To be more specific, the suggested analytical framework relies on three main components: feature calculation, development of an ML system, and evaluation models against the top-performing categories. Considering the magnitudes of the recorded EQs/QBs presented in Table 1, it is anticipated that aftershocks will occur. It is important to note that the aftershocks may occur after the mainshock, ranging from weeks to years. Additionally, the quantity of aftershocks is contingent upon the magnitude of the mainshock.
In the proposed approach, we have utilized four ML classification models. The classification system used focuses on two distinct classes: class “0” for EQs and class “1” for QBs. We have created Python code that depends on the Scikit-Learn module. In addition, the configuration settings of the top-performing model that result in the optimal performance.
Here, we present the findings acquired from the proposed criterion. Put simply, we present the key findings that lead to the most effective methodology for accurately classifying EQs and QBs. In order to facilitate the comparison of the remaining top characteristics selected from the initial optimization step, we have incorporated F1-score, MCC, accuracy, as well as Kappa score into Fig. 6. The optimal model is obtained using the “QDA” algorithm, which is compared against the SVM, NB, and KNN models. Specifically, this model attains optimal performance with 99.4% accuracy and 98.2% F1 score, as well as 97.8% Kappa and MCC. Furthermore, while employing the “SVM” model, its results yield an accuracy of 93.4%, an F1-Score of 75.6%, a Kappa score of 72.0%, and an MCC score of 75.0%. When using the NB model, it gives an accuracy of 99%, an F1-Score of 97.1%, and a Kappa and MCC scores of 96.6%. Regarding the KNN model, its accuracy is 98.0%, its F1-Score is 92.3% with a Kappa score of 90.9% as well as 91.3% for the MCC score.
Figure 7 illustrates the comparison of elapsed time among the four presented models. The “QDA”, “SVM” and the “NB” models have almost the same elapsed time of 0.271, 0.27, and 0.271 s, respectively. Whereas, the KNN shows a slightly longer elapsed time of 0.3 s. However, these models do not exhibit the optimal classification performance. Clearly, the most accurate classification model is the QDA, which has a decent elapsed time.
Figure 8 presents the mean importance of various features used in a model. The feature P stands out as the most significant, having the highest mean importance. Following P, the features As/Ap and Sr are also notably important, though their contributions are considerably less than P. The features log(P) and logS show moderate importance, while Ap and As have relatively low importance. The feature C is the least influential, with the lowest mean importance value among all the features evaluated.
In order to demonstrate the efficacy of our QDA best model, we show its learning curves in Fig. 9 for both the training and cross-validation.

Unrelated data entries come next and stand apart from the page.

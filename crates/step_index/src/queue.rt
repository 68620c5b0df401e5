//! Places that are taken in ascending order, each once.

ghost use Rattle.std.specs.Prelude.{◌≡◌, ◌==◌, ◌||◌, ◌≤◌, ℕ, true, false, OnOk};
ghost use Rattle.std.proofs.Props.{props};
ghost use Rattle.std.specs.BinaryHeap.{IsHeap, heap_items};
ghost use Rattle.std.specs.Ordering.{nat_cmp};
ghost use Rattle.step_index.specs.Queue.{IsLeastPlace, has_place};

use std::alloc::{AllocError, Global};
use std::cmp::Reverse;
use std::collections::BinaryHeap;

/// Places in a heap, the least on top. One may be there more than once, and is then taken once.
#[derive(Drop)]
pub(crate) struct PlaceQueue {
    heap: BinaryHeap<Reverse<usize>>,
    ghost ordered: { IsHeap (λ x y. nat_cmp y.0 x.0) (heap_items heap) } by { Prim.hlevel props },
}

impl PlaceQueue {
    /// None. Takes no memory.
    pub(crate) fn new(alloc: Global) -> PlaceQueue
        ensures { (k : ℕ) → has_place (heap_items result.heap) k ≡ false }
    {
        PlaceQueue {
            heap: BinaryHeap::new(alloc),
        }
    }

    /// Adds a place.
    pub(crate) fn push(&mut self, place: usize) -> Result<(), AllocError>
        ensures { OnOk result ((k : ℕ) → has_place (heap_items self.new.heap) k ≡ (place == k || has_place (heap_items self.old.heap) k)) }
    {
        self.heap.push(Reverse(place))?;
        Ok(())
    }

    /// Takes the least place, if there is one.
    pub(crate) fn pop(&mut self) -> Option<usize>
        ensures { IsLeastPlace (heap_items self.old.heap) (heap_items self.new.heap) result }
    {
        let Some(top) = self.heap.pop() else {
            return None;
        };
        let place = top.0;
        while self.begins_with(place) {
            self.heap.pop();
        }
        Some(place)
    }

    /// Whether the least place is this one, if there is none before it.
    fn begins_with(&self, place: usize) -> bool
        ensures { ((k : ℕ) → has_place (heap_items self.now.heap) k ≡ true → place ≤ k) → result ≡ has_place (heap_items self.now.heap) place }
    {
        match self.heap.peek() {
            Some(top) => top.0 == place,
            None => false,
        }
    }
}
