//! What is left of a hold, by places among records.

ghost use Rattle.std.specs.Prelude.{◌≡◌, ◌<◌, ◌==◌, ◌∷◌, ◌++◌, [], ℕ, Bool, true, false, List, length, All, IfOk, IfSome, OnOk, Some, option_map, position, slice_get};
ghost use Rattle.std.specs.List.{list_any, remove};
ghost use Rattle.linked_classes.specs.Cells.{cell_at};
ghost use Rattle.linked_classes.specs.Places.{IsNumber, place_in};
ghost use Rattle.linked_classes.specs.Sets.{set_of};
ghost use Rattle.saved_steps.specs.declared.record.StepRecord.{StepRecord as Kept};
ghost use Rattle.depends.specs.Dependence.{conflicts};
ghost use Rattle.step_index.specs.Buckets.{is_gate};
ghost use Rattle.step_index.specs.Held.{AreLeft, IsLastLeft, IsLeftAt, LeftFor, count_left, left_classes};
ghost use Rattle.step_index.specs.Walks.{IsFirstFrom, names_need, needed_by};

use crate::buckets::{
    BUCKETS, access_bucket, bucket_above, exec_bucket, home_bucket, is_gate, key_bucket,
    write_bucket,
};
use crate::records::StepRecords;
use crate::walks::earlier;
use depends::Plan;
use item_store::AccessMode;
use linked_classes::ClassedVec;
use saved_steps::Fact;
use std::alloc::{AllocError, Global};
use std::marker::Model;

/// The sets of classes: of those that are left one class; and of these their homes, their executions, the keys that they touched
/// and those that they wrote. The number of a set is none of `Classing`.
const LEFT_SET: u32 = 0;

const HOMES: u32 = 1;

const EXECS: u32 = 2;

const KEYS: u32 = 4;

const WRITES: u32 = 5;

/// The class of the places that are left.
const LEFT: u32 = 0;

/// Which places among records are left of a hold: of a step and its consequences, while they are undone one by one. It stands
/// beside the records and goes with them, a place for each. Contracts see which places are left, and the classes of the steps there.
///
/// The steps that are left are in classes: of their threads, their executions, the keys that they touched and those that they
/// wrote, each by its hash. A place costs 40 bytes, one that is left 70 to 120 more, one that is gone 32, and all together 1,570,000
/// once.
#[derive(Drop)]
pub struct HeldSteps {
    /// Of each place, whether it is left.
    places: ClassedVec<bool>,
    count: usize,
}

impl Model for HeldSteps {
    ghost use Rattle.linked_classes.specs.Sets.{set_of};
    ghost use Rattle.step_index.specs.Held.{AreAlongside, Held, has_place_room};

    ghost Value = { Held };

    ghost view = { λ a. record {
      marks = a.places.items;
      threads = set_of a.places 1;
      execs = set_of a.places 2;
      keys = set_of a.places 4;
      writes = set_of a.places 5;
      has_room = has_place_room a.places;
    } };

    ghost invariant = { λ a. AreAlongside a.places a.count };
}

impl HeldSteps {
    /// The places of a plan among the records: these are left. Takes memory for a place of each record, and for what the steps
    /// that are left cost; one pass over the plan and one over the records.
    pub fn of_plan(
        alloc: Global,
        records: &StepRecords,
        plan: &Plan,
    ) -> Result<HeldSteps, AllocError>
        requires { All (λ p. p < length records.now.items) plan.now }
        ensures left { IfOk result (λ h. AreLeft records.now.items h) }
        ensures marks { IfOk result (λ h. (k : ℕ) (m : Bool) → slice_get h.marks k ≡ Some m → m ≡ list_any (λ p. p == k) plan.now) }
    {
        let marks = marks_of(alloc, records.len(), plan.places())?;
        let mut held = HeldSteps::new(alloc);
        for place in 0..records.len() {
            held.add(&records.get(place).fact, marks[place])?;
        }
        Ok(held)
    }

    /// No places.
    fn new(alloc: Global) -> HeldSteps
        ensures marks { result.marks ≡ [] }
        ensures left { AreLeft [] result }
    {
        HeldSteps {
            places: ClassedVec::new(alloc),
            count: 0,
        }
    }

    /// Makes room for one more place. Refused where memory is, and where 715,827,882 places have come.
    pub fn reserve(&mut self) -> Result<(), AllocError>
        ensures marks { self.new.marks ≡ self.old.marks }
        ensures threads { self.new.threads ≡ self.old.threads }
        ensures execs { self.new.execs ≡ self.old.execs }
        ensures keys { self.new.keys ≡ self.old.keys }
        ensures writes { self.new.writes ≡ self.old.writes }
        ensures room { OnOk result (self.new.has_room ≡ true) }
    {
        self.places.reserve(BUCKETS as usize)
    }

    /// Adds a place at the end, of a step that is not left. Takes no memory, and a few steps.
    pub fn push(&mut self)
        requires { self.old.has_room ≡ true }
        ensures marks { self.new.marks ≡ self.old.marks ++ false ∷ [] }
        ensures left { (rs : List Kept) (r : Kept) → AreLeft rs self.old → AreLeft (rs ++ r ∷ []) self.new }
    {
        self.places
            .push(false, &[None, None, None, None, None, None]);
    }

    /// Adds a place at the end, of a step that is left.
    fn put(&mut self, fact: &Fact)
        requires room { self.old.has_room ≡ true }
        requires few { length self.old.marks < 18446744073709551615 }
        ensures marks { self.new.marks ≡ self.old.marks ++ true ∷ [] }
        ensures left { (rs : List Kept) (r : Kept) → r.fact ≡ fact.now → AreLeft rs self.old → AreLeft (rs ++ r ∷ []) self.new }
    {
        let classes = left_classes(fact);
        self.places.push(true, &classes);
        self.count += 1;
    }

    /// Makes room and adds a place at the end, of a step that is left or not.
    fn add(&mut self, fact: &Fact, left: bool) -> Result<(), AllocError>
        requires few { length self.old.marks < 18446744073709551615 }
        ensures marks { OnOk result (self.new.marks ≡ self.old.marks ++ left ∷ []) }
        ensures left { (rs : List Kept) (r : Kept) → r.fact ≡ fact.now → AreLeft rs self.old → OnOk result (AreLeft (rs ++ r ∷ []) self.new) }
    {
        self.reserve()?;
        if left {
            self.put(fact);
            return Ok(());
        }
        self.push();
        Ok(())
    }

    /// Takes a place out: those behind it come one forward. Takes no memory, a few steps in the classes, and the time of
    /// `RisingNumbers::remove`.
    pub fn remove(&mut self, at: usize)
        requires { at < length self.old.marks }
        ensures marks { self.new.marks ≡ remove self.old.marks at }
        ensures left { (rs : List Kept) → AreLeft rs self.old → AreLeft (remove rs at) self.new }
    {
        let count = self.count_without(at);
        self.places.remove(at);
        self.count = count;
    }

    /// How many are left beside the one at a place.
    fn count_without(&self, at: usize) -> usize
        requires { at < length self.now.marks }
        ensures { result ≡ count_left (remove self.now.marks at) }
    {
        if self.is_left(at) {
            return self.count - 1;
        }
        self.count
    }

    /// Whether the step at a place is left, in one step.
    pub fn is_left(&self, at: usize) -> bool
        requires { at < length self.now.marks }
        ensures { slice_get self.now.marks at ≡ Some result }
    {
        *self.places.get(at)
    }

    /// The first place that is left whose step is one on which a later step would depend directly. Takes no memory. Looks at the
    /// steps that are left of the later step's thread and of those above it up to that one, or at those of its execution where it
    /// closes a fork or waited for branches; and at those of the key that it accesses up to that one: of a read at the writes
    /// alone, so that the first is mostly that one. Steps whose threads or keys have the same hash are looked at beside these.
    pub fn first_needed(&self, records: &StepRecords, fact: &Fact) -> Option<usize>
        requires { AreLeft records.now.items self.now }
        ensures first { IsFirstFrom (IsLeftAt self.now) (needed_by fact.now) records.now.items 0 result }
        ensures left { IfSome result (IsLeftAt self.now) }
    {
        earlier(
            self.first_by_name(records, fact),
            self.first_accessing(records, fact),
        )
    }

    /// The first that is left on which a later step would depend by their names.
    fn first_by_name(&self, records: &StepRecords, fact: &Fact) -> Option<usize>
        requires { AreLeft records.now.items self.now }
        ensures first { IsFirstFrom (LeftFor (λ f. names_need f fact.now) records.now.items self.now) (needed_by fact.now) records.now.items 0 result }
        ensures left { IfSome result (IsLeftAt self.now) }
    {
        if !is_gate(fact) {
            return self.first_in_threads(records, fact);
        }
        let class = exec_bucket(fact.name.thread.exec());
        first_needed_in(records, &self.places, EXECS, class, fact)
    }

    /// The same for one that neither closes a fork nor waited for branches: among the steps of its thread and of those above it.
    fn first_in_threads(&self, records: &StepRecords, fact: &Fact) -> Option<usize>
        requires beside { AreLeft records.now.items self.now }
        requires free { is_gate fact.now ≡ false }
        ensures first { IsFirstFrom (LeftFor (λ f. names_need f fact.now) records.now.items self.now) (needed_by fact.now) records.now.items 0 result }
        ensures left { IfSome result (IsLeftAt self.now) }
    {
        let thread = &fact.name.thread;
        let end = thread.path().len() + 1;
        let mut found = None;
        for depth in 0..end {
            let class = bucket_above(thread, depth);
            let here = first_needed_in(records, &self.places, HOMES, class, fact);
            found = earlier(found, here);
        }
        found
    }

    /// The first that is left and accesses the key of a later step, and not both read.
    fn first_accessing(&self, records: &StepRecords, fact: &Fact) -> Option<usize>
        requires { AreLeft records.now.items self.now }
        ensures first { IsFirstFrom (LeftFor (λ f. conflicts f.access fact.now.access) records.now.items self.now) (needed_by fact.now) records.now.items 0 result }
        ensures left { IfSome result (IsLeftAt self.now) }
    {
        let Some(access) = &fact.access else {
            return None;
        };
        let class = key_bucket(&access.key);
        match access.mode {
            AccessMode::Write => first_needed_in(records, &self.places, KEYS, class, fact),
            AccessMode::Read => first_needed_in(records, &self.places, WRITES, class, fact),
        }
    }

    /// How many are left, told at once.
    pub fn len(&self) -> usize
        ensures { result ≡ count_left self.now.marks }
    {
        self.count
    }

    /// Whether none is left, told at once.
    pub fn is_empty(&self) -> bool
        ensures { result ≡ (count_left self.now.marks == 0) }
    {
        self.count == 0
    }

    /// The first place that is left, in time logarithmic in the number of places.
    pub fn first(&self) -> Option<usize>
        ensures { result ≡ position (λ m. m) self.now.marks }
    {
        place_of(&self.places, self.places.first(LEFT_SET, LEFT))
    }

    /// The last place that is left, in the same time.
    pub fn last(&self) -> Option<usize>
        ensures { IsLastLeft self.now.marks result }
    {
        place_of(&self.places, self.places.last(LEFT_SET, LEFT))
    }
}

/// The place of a number, if there is one.
fn place_of(places: &ClassedVec<bool>, number: Option<u32>) -> Option<usize>
    requires { IfSome number (IsNumber places.now.numbers) }
    ensures { result ≡ option_map (place_in places.now.numbers) number }
{
    match number {
        Some(number) => Some(places.place(number)),
        None => None,
    }
}

/// The class of a step that is left, in each set.
fn left_classes(fact: &Fact) -> [Option<u32>; 6]
    ensures classes { result ≡ left_classes fact.now }
    ensures below { (set : ℕ) → set < 6 → IfSome (cell_at result set) (λ c. c < 16381) }
{
    [
        Some(LEFT),
        Some(home_bucket(fact)),
        Some(exec_bucket(fact.name.thread.exec())),
        None,
        access_bucket(fact),
        write_bucket(fact),
    ]
}

/// The first step in a class on which a later one would depend directly: a look at each step there before it.
fn first_needed_in(
    records: &StepRecords,
    steps: &ClassedVec<bool>,
    set: u32,
    class: u32,
    later: &Fact,
) -> Option<usize>
    requires many { length steps.now.items ≡ length records.now.items }
    requires set { set < 6 }
    requires class { class < 16381 }
    ensures first { IsFirstFrom (λ k. cell_at (set_of steps.now set) k ≡ Some class) (needed_by later.now) records.now.items 0 result }
    ensures member { IfSome result (λ k. cell_at (set_of steps.now set) k ≡ Some class) }
{
    crate::walks::first_needed_in(records.listed(), steps, set, class, later)
}

/// Which of so many places are among some.
fn marks_of(alloc: Global, count: usize, places: &[usize]) -> Result<Vec<bool>, AllocError>
    requires { All (λ p. p < count) places.now }
    ensures len { IfOk result (λ marks. length marks.items ≡ count) }
    ensures marks { IfOk result (λ marks. (k : ℕ) (m : Bool) → slice_get marks.items k ≡ Some m → m ≡ list_any (λ p. p == k) places.now) }
{
    let mut marks = vec![in alloc; false; count]?;
    for place in places {
        marks[*place] = true;
    }
    Ok(marks)
}
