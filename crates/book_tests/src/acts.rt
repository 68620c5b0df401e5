//! What a book is asked by no line, and what it answers, by rows that were worked out by hand from the machines' definitions.
use attr_values::{KeyAttribute, KeySchema, KeyType, write_item};
use json_tree::{Json, JsonList, Text, depth, read, write_text};
use rollback_book::{Begin, Book, Refusal};
use serde_json::Value;
use std::alloc::{AllocError, Global};
use std::collections::BTreeSet;
use std::process::Abort;
use std::test::Fail;
use step_names::{StepName, ThreadName};

pub(crate) const PASS: &str =
    r#"{"StartAt":"P","States":{"P":{"Type":"Pass","Result":7,"End":true}}}"#;

pub(crate) const PUT: &str =
    r#"{"StartAt":"W","States":{"W":{"Type":"Task","Resource":"arn:aws:states:::dynamodb:putItem","Parameters":{"TableName":"items","Item":{"id":{"S":"k"},"v":{"S.$":"$.v"}}},"End":true}}}"#;

const GET: &str =
    r#"{"StartAt":"G","States":{"G":{"Type":"Task","Resource":"arn:aws:states:::dynamodb:getItem","Parameters":{"TableName":"items","Key":{"id":{"S":"k"}}},"End":true}}}"#;

/// Two branches of two moves each.
pub(crate) const TWO_BRANCHES: &str =
    r#"{"StartAt":"S","States":{"S":{"Type":"Parallel","Branches":[{"StartAt":"A","States":{"A":{"Type":"Pass","Next":"B"},"B":{"Type":"Pass","End":true}}},{"StartAt":"C","States":{"C":{"Type":"Pass","Next":"D"},"D":{"Type":"Pass","End":true}}}],"End":true}}}"#;

const OLD: &str = r#"[{"id":{"S":"k"},"v":{"S":"old"}}]"#;

// ---- a book to begin with

fn key_schema(alloc: Global) -> Result<KeySchema, AllocError> {
    let name = Text::new(alloc, "id")?;
    let partition = KeyAttribute {
        name,
        kind: KeyType::S,
    };
    Ok(KeySchema {
        partition,
        sort: None,
    })
}

fn begin(alloc: Global, items: JsonList) -> Result<Begin, AllocError> {
    let (Ok(table), Ok(schema)) = (Text::new(alloc, "items"), key_schema(alloc)) else {
        drop(items);
        return Err(AllocError);
    };
    Ok(Begin {
        table,
        schema,
        items,
    })
}

/// A book over these items, whose keys have one attribute, `id`.
pub(crate) fn book_over(alloc: Global, items: &str) -> Result<Book, Fail> {
    match read(alloc, items.as_bytes())? {
        Json::List(items) => Ok(Book::open(alloc, begin(alloc, items)?)?),
        _ => Err("no list of items".into()),
    }
}

// ---- acts

/// What is asked of a book. Names and texts are as lines spell them.
#[derive(Clone, Copy)]
pub(crate) enum Act {
    Define(&'static str, &'static str),
    Start(&'static str, &'static str, &'static str),
    Step(&'static str),
    Undo(&'static str),
    CanUndo(&'static str),
    UndoOrder(&'static [&'static str]),
    Rerun(&'static [&'static str]),
    /// A rollback of the first step that is planned before the second one is undone.
    LateRollback(&'static str, &'static str),
    Settle,
    Hold(&'static str),
    /// The held step, the latest that is left, and how many are left.
    Left,
}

The figure states that the QDA model achieves the highest level of performance with 100% accuracy in training and about 99% in cross-validation. To be more specific, the no fluctuating curve means no more improvements can be achieved. Furthermore, the training and cross-validation curves exhibit a strong resemblance, indicating the model’s efficacy.
The ROC curve represents the relationship between the true positive rate (TP) and the false positive rate (FP) of the projected class. Based on our extensive analysis, the QDA model consistently outperforms the others in terms of classification accuracy. Figure 10 displays the ROC curves obtained by classifying EQs and QBs using the superior model QDA model. The classification of EQ class “0” and QB class “1” shows success rates of 99% and 96%, respectively.
The confusion matrix is a primary methodology employed in assessing a classification problem, providing an indication of the performance of the projected classes. Once again, after conducting a thorough investigation, we have found that the QDA model obtains the highest level of classification accuracy in distinguishing between the two events’ types (EQs and QBs), as demonstrated in Fig. 11. The results indicate that all employed datasets accurately predict the labels of EQ “0” with a 100% accuracy rate. Whereas, the label prediction of QB “1” has an accuracy rate of 96.4%.
Figure 12 displays the relationship between the precision and recall for the most accurate approach in terms of the accuracy of classification. Specifically, we exclusively present the precision-recall outcome based on the QDA (best model) after exhaustive efforts made with the other accessible ML models. To clarify, the QDA model is able to accurately distinguish between the two event types (EQs and QBs) with a precision rate of 100%.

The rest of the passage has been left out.